In contrast to Ivanpah’s 18 percent efficiency, the efficiency of utility-scale crystalline silicon and thin-film plants is likely less than 12 percent. Solar-thermal plants with parabolic mirrors also have difficulties keeping up. Ivanpah’s higher boiler temperatures give it an advantage, and dual-axis tracking can more accurately follow the sun through the seasons. The average efficiency of other solar thermal plants is 13 to 15 percent, says Cara Libby, project manager at the Electric Power Research Institute.

That doesn’t mean Ivanpah won’t have competition, One crystalline-silicon vendor, SunPower, with industry leading 18 percent efficient solar cells, could give BrightSource a run for its money, says Travis Bradford, president of the public-policy think tank, Prometheus Institute. A SunPower farm with a single axis tracking could have an efficiency of 15 percent, maybe slightly higher depending on the location, he says.

Broader competition will come with falling solar-panels prices, unless a stronger Chinese currency slows the trend. Panel prices tumbled about 40 percent last year and, while they are more stable this year, they continue to decline more rapidly than solar thermal efficiency is improving.

BrightSource responds that plant efficiency is only one measure of performance, and not necessarily the best. Capacity factor, a calculation of a farm’s ability to deliver full power over time, may be more important, the company says.

Ivanpah’s capacity factor (including the use of natural gas) should be 30 percent, Taylor claims. A wind farm in an ideal location (think Tehachapi) can have a factor of 40 percent. Photovoltaic plants generally are lower. A Carnegie Mellon Electricity Industry Center study estimates a PV plant in Arizona should be closer to 20 percent.
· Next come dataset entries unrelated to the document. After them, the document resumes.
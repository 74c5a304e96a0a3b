// The rows of the table.
#[derive(Clone, Copy)]
pub enum Row {
    PlainRfc,
    PlainNist,
    PlainDamaged,
    MaskedRfc,
    MaskedNist,
    MaskedDamaged,
}

pub const TITLE: &str = "AES-256 vectors, unwrapping";

// The names of the rows, in their order.
pub const ROWS: [&str; 6] = [
    "plain engine: RFC 3394",
    "plain engine: NIST key wrap",
    "plain engine: NIST, damaged, refused",
    "masked engine: RFC 3394",
    "masked engine: NIST key wrap",
    "masked engine: NIST, damaged, refused",
];
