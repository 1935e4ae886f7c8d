//! The globals of a program: the areas of its static objects, what they begin with, and their addresses.
#![tactic(auto)]

ghost use Rattle.std.specs.Prelude.{◌≡◌, ◌*◌, ◌≤◌, IfOk, Some, length, map};
ghost use Rattle.std.specs.List.{All};
ghost use Rattle.cc_base.specs.Kinds.{kind_at};
ghost use Rattle.cured_code.specs.FlatMachine.{global_areas, placed};
ghost use Rattle.cure_rules.specs.Programs.{IsFirstOf, AreGlobals};
ghost use Rattle.cure_tables.specs.Objects.{IsObject, IsGlobalOf};

use crate::areas::area_of;
use cc_base::{Kinds, NoMemory};
use cil_form::Static;
use cured_code::{Bytes, GlobalLine};
use fat_layouts::Layouts;
use flat_mem::{Area, area_size};
use std::alloc::Global;

/// A text without the zeros at its end.
fn without_zeros(text: &[u8]) -> &[u8]
    ensures { IsFirstOf (Some text.now) result.now }
{
    let mut count = text.len();
    'zeros: while count > 0 && text[count - 1] == 0 {
        count -= 1;
    }
    &text[..count]
}

/// What a static object begins with: a string literal with its bytes, without the zeros at its end; another one with zeros.
fn first_bytes(alloc: Global, object: &Static) -> Result<Vec<u8>, NoMemory>
    ensures { IfOk result (λ first. IsFirstOf object.now.text first.items) }
{
    match &object.text {
        Some(text) => Ok(Vec::from_slice(alloc, without_zeros(&text.0))?),
        None => Ok(Vec::new(alloc)),
    }
}

/// The global of a static object.
fn global_of(
    alloc: Global,
    layouts: &Layouts,
    kinds: &Kinds,
    object: &Static,
) -> Result<GlobalLine, NoMemory>
    requires object { IsObject layouts.now.table (length kinds.now) object.now.planned }
    requires kinds { layouts.now.kinds ≡ kinds.now }
    ensures { IfOk result (IsGlobalOf layouts.now.table (kind_at kinds.now) object.now) }
{
    let first = first_bytes(alloc, object)?;
    Ok(GlobalLine {
        area: area_of(layouts, kinds, object.planned),
        first: Bytes(first),
    })
}

/// The globals of the static objects of a program, in order.
pub fn globals_of(
    alloc: Global,
    layouts: &Layouts,
    kinds: &Kinds,
    statics: &[Static],
) -> Result<Vec<GlobalLine>, NoMemory>
    requires objects { All (λ s. IsObject layouts.now.table (length kinds.now) s.planned)
        statics.now }
    requires kinds { layouts.now.kinds ≡ kinds.now }
    ensures { IfOk result (λ all. AreGlobals layouts.now.table
        (kind_at kinds.now) statics.now all.items) }
{
    let mut all = Vec::with_capacity(alloc, statics.len())?;
    'statics: for object in statics {
        all.push(global_of(alloc, layouts, kinds, object)?)?;
    }
    Ok(all)
}

/// The addresses of globals, whose areas lie one after another behind the words of so many functions.
pub fn addresses(
    alloc: Global,
    functions: u32,
    globals: &[GlobalLine],
) -> Result<Vec<u64>, NoMemory>
    requires functions { functions ≤ 65536 }
    requires few { length globals.now ≤ 1048576 }
    requires small { All (λ g. g.area.bytes ≤ 3145728) globals.now }
    ensures { IfOk result (λ all.
        all.items ≡ map (λ a. a.address) (placed (global_areas globals.now) (8 * functions))) }
{
    let mut all = Vec::with_capacity(alloc, globals.len())?;
    let mut start = 8 * u64::from(functions);
    'globals: for global in globals {
        all.push(start + 8)?;
        start += area_size(Area {
            tagged: global.area.tagged,
            bytes: global.area.bytes,
        });
    }
    Ok(all)
}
Another useful metric is the delivered cost of electricity. BrightSource claims this measure makes Ivanpah “extremely competitive,” but declines to release figures to back up the claim. The calculation looks at plant output versus costs and factors in development and financing charges.

An examination of California Public Utilities Commission documents shows only that expected delivered costs are to be less than 12.5 cents a kWh. It doesn’t state how much less.

Nevertheless, Nathaniel Bullard, a solar analyst at Bloomberg New Energy Finance, calculates that the cost of Ivanpah’s electricity will be lower than photovoltaic power and about the same as natural gas. Of course no one knows for sure until the plant is built. “We’ll see if they can meet the targets they have in place,” Bullard says.